Advancing the nuclear enterprise through better computing
Scientists at the Nuclear Science and Technology Division of the U.S. Department of Energy's Oak Ridge National Laboratory (ORNL) are merging decades of nuclear energy and safety expertise with high-performance computing to effectively address a range of nuclear energy- and security-related challenges.
John Wagner, Technical Integration Manager for Nuclear Modeling within ORNL's Nuclear Science and Technology Division (NSTD), says one of the goals of his organization is to integrate existing nuclear energy and nuclear national security modeling and simulation capabilities and associated expertise with high-performance computing to solve problems that were previously unthinkable or impractical in terms of the computing power required to address them.
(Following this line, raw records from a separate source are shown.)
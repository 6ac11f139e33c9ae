//! The examples in the comments of calls, each the body of a function here.
use curves::Curve;
use sec1::point::{Coordinates, EncodedPoint32};
use sec1::{EcPrivateKey, Result, der};
use sec1_der::{AnyRef, OctetStringRef, SecretDocument, check_tree, encode_to_slice};
use std::alloc::Global;
use std::rt::Files;
use std::str::FromStr;

/// Returns `true` if a key has its public key.
pub fn read_key(bytes: &[u8]) -> Result<bool> {
    let key = EcPrivateKey::try_from(bytes)?;
    Ok(key.public_key.is_some())
}

/// Returns the point of a key on a field of 256 bits in its compressed form, if the key has it.
pub fn compress_public_key(bytes: &[u8]) -> Result<Option<EncodedPoint32>> {
    let key = EcPrivateKey::try_from(bytes)?;
    let Some(public_key) = key.public_key else {
        return Ok(None);
    };
    let point = EncodedPoint32::from_bytes(public_key)?;
    Ok(Some(point.compress()))
}

/// Writes a private key at the beginning of a buffer and returns the bytes.
pub fn write_key<'b>(private_key: &[u8], buffer: &'b mut [u8]) -> Result<&'b [u8]> {
    let key = EcPrivateKey {
        private_key,
        parameters: None,
        public_key: None,
    };
    let n = key.encode_to_slice(buffer)?;
    Ok(&buffer[..n])
}

/// Returns the encoding of a key.
pub fn write_key_into_vector(alloc: Global, key: &EcPrivateKey) -> Result<Vec<u8>> {
    let bytes = key.to_der(alloc)?;
    Ok(bytes)
}

/// Returns the compressed form of a point with coordinates of 32 bytes.
pub fn read_point(bytes: &[u8]) -> Result<EncodedPoint32> {
    let point = EncodedPoint32::from_bytes(bytes)?;
    Ok(point.compress())
}

/// Returns y, if the point has it.
pub fn find_y(point: &EncodedPoint32) -> Option<&[u8; 32]> {
    match point.coordinates() {
        Coordinates::Uncompressed { y, .. } | Coordinates::Hybrid { y, .. } => Some(y),
        _ => None,
    }
}

/// Reads a point from hexadecimal.
pub fn parse_point(text: &str) -> Result<EncodedPoint32> {
    let point = EncodedPoint32::from_str(text)?;
    Ok(point)
}

/// Returns the identifier of the curve P-256.
pub fn parse_identifier() -> der::Result<der::ObjectIdentifier> {
    let identifier = der::ObjectIdentifier::new("1.2.840.10045.3.1.7")?;
    Ok(identifier)
}

/// Writes an OCTET STRING at the beginning of a buffer and returns the number of bytes written.
pub fn write_octets(bytes: &[u8], buffer: &mut [u8]) -> der::Result<usize> {
    let octets = OctetStringRef::new(bytes)?;
    encode_to_slice(&octets, buffer)
}

/// Returns the bytes after the element that the bytes begin with.
pub fn skip_element(bytes: &[u8]) -> der::Result<&[u8]> {
    let (first, rest) = AnyRef::split(bytes)?;
    let _content = first.value();
    Ok(rest)
}

/// Returns the number of elements of a tree.
pub fn count_elements(bytes: &[u8]) -> der::Result<usize> {
    let elements = check_tree(bytes)?;
    Ok(elements)
}

/// Returns the number of bytes of the one element in a file.
pub fn measure_file<F: Files>(rt: &F, alloc: Global, path: &str) -> der::Result<usize> {
    let document = SecretDocument::read_der_file(rt, alloc, path)?;
    Ok(document.len())
}

/// Returns the number of bytes of a coordinate on the curve with this name.
pub fn find_field_len(name: &str) -> Option<usize> {
    let curve = Curve::from_name(name)?;
    Some(curve.field_len())
}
In the area of nuclear energy, the Nuclear Modeling staff specializes in developing and applying computational methods and software for simulating radiation in order to support the design and safety of nuclear facilities, improve reactor core designs and nuclear fuel performance, and ensure the safety of nuclear materials, such as spent nuclear fuel. The Nuclear Modeling staff is internationally known for developing and maintaining SCALE, a comprehensive nuclear analysis software package originally developed for the Nuclear Regulatory Commission with signature capabilities in the criticality safety, reactor physics and radiation shielding areas. In recent years, ORNL has placed an emphasis on transforming its current capabilities through high-performance computing, as well as the development of new and novel computational methods.
"Traditionally, reactor models for radiation dose assessments have considered just the reactor core, or a small part of the core," Wagner says. "However, we're now simulating entire nuclear facilities, such as a nuclear power reactor facility with its auxiliary buildings and the ITER fusion reactor, with much greater accuracy than any other organization that we're aware of." More accurate models enable nuclear plants to be designed with more accurate safety margins and shielding requirements, which helps to improve safety and reduce costs. The technology that makes this sort of leading-edge simulation possible is a combination of ORNL's Jaguar, the world's fastest supercomputer; advanced transport methods; and a next-generation software package called Denovo.
"At first we tried adapting older software to the task, but we abandoned that idea pretty quickly," says NSTD scientist and Denovo creator Tom Evans. As a result of that decision, Evans started from scratch to develop new software that is far more efficient at creating computer models on state-of-the-art supercomputers. Evans observes that, in some ways, Denovo is a synthesis of the last decade of research in the field. "Software for modeling radiation transport has been around for a long time," he says, "but it hadn't been adapted to build on developments that have revolutionized computational science. There's no special transformational technology in this software; but it's designed specifically to take advantage of the massive computational and memory capabilities of the world's fastest computers."
Denovo, which appropriately enough means "from new" or "from scratch" was recently awarded 8 million processor hours on the Jaguar supercomputer by the DOE Office of Science's Innovative and Novel Computational Impact on Theory and Experiment (INCITE) program to develop a uniquely detailed simulation of the power distribution inside a nuclear reactor core. This simulation will be used to help to design the next generation of reactors by expediting experiments that can take years to conduct and to help to ensure that reactor designs are as efficient as possible.
Wagner notes that Denovo provides a fundamental capability for radiation transport modeling that continues to be expanded and applied to numerous ORNL projects. However, he is also quick to point out that these computer simulations will not completely eliminate the need for experimental or measurement data to confirm or "validate" the software. Instead, the new generation of nuclear modeling will increase confidence in the results using a more limited set of physical data. "We want to develop a predictive capability that has increased accuracy, reliability and flexibility," he says, "that can be used to improve our knowledge and understanding and increase our confidence in the decisions we make about design, safety, and performance of nuclear facilities. That's the goal."